Progesterone Skin Creams
Last, but not least, we have progesterone skin creams. There is a large industry which promotes the use of these creams promising they can help menopausal symptoms and bone density. A US and UK study showed no increase in bone density over two years (as noted on the website of the National Osteoporosis Society) and there are few studies which show without doubt that the cream helps menopausal symptoms. Only one study, which used a bioidentical progesterone cream specifically compounded for the trial, found the evidence that the bioidentical progesterone was more effective than the placebo in relieving menopause-related vasomotor symptoms. Vaginal bleeding and headaches were the most commonly reported side effects by the studies.
In conclusion, there are many different strategies you can employ that are not HRT based to at least partially overcome the symptoms of the menopause. The important thing is to always choose the solution that works better for you.
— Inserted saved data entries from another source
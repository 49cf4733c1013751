//! The UTC rule, and ticks in microseconds.
use crate::case::{Bytes, Case, Fault};
use crate::line::{Line, Values};

/// is_utc_second BYTES, which is answered by 0 or 1 alone
pub fn is_utc_second(case: &mut Case<'_>, line: &mut Line) -> Result<(), Fault> {
    let Bytes(bytes) = case.take()?;
    case.end()?;
    utc::is_utc_second(bytes.as_slice()).say(line)
}

/// ticks_to_us TICKS SCALE
pub fn ticks_to_us(case: &mut Case<'_>, line: &mut Line) -> Result<(), Fault> {
    let ticks = case.take()?;
    let scale = case.take()?;
    case.end()?;
    line.answer(ticks::ticks_to_us(ticks, scale))
}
1. Minerva Ginecol. 2015 Feb;67(1):1-5. Resveratrol, tryptophanum, glycine and vitamin E: a nutraceutical approach to sleep disturbance and irritability in peri- and post-menopause. Parazzini F.
2. J Steroid Biochem Mol Biol. 2014 Jan;139:225-36. doi: 10.1016/j.jsbmb.2012.12.004. Epub 2012 Dec 25. The pros and cons of plant estrogens for menopause. Bedell S, Nachtigall M, Naftolin F.
3. Post Reprod Health. 2016 Jun;22(2):67-9. doi: 10.1177/2053369116648273. Alternatives to hormone replacement therapy (HRT) (Sections 1 and 8). Woyka J.
4 Maturitas. 2016 Aug;90:24-30. doi: 10.1016/j.maturitas.2016.04.018. Epub 2016 May 7. Coping with menopausal symptoms: An internet survey of Belgian postmenopausal women. Depypere H, Pintiaux A, Desreux J, Hendrickx M, Neven P, Marchowicz E, Albert V, Leclercq V, Van den Branden S, Rozenberg S.
5 Chin J Integr Med. 2011 Dec;17(12):893-7. doi: 10.1007/s11655-011-0930-9. Epub 2011 Dec 3. Perspectives in clinical research of acupuncture on menopausal symptoms. Baumelou A1, Liu B, Wang XY, Nie GN.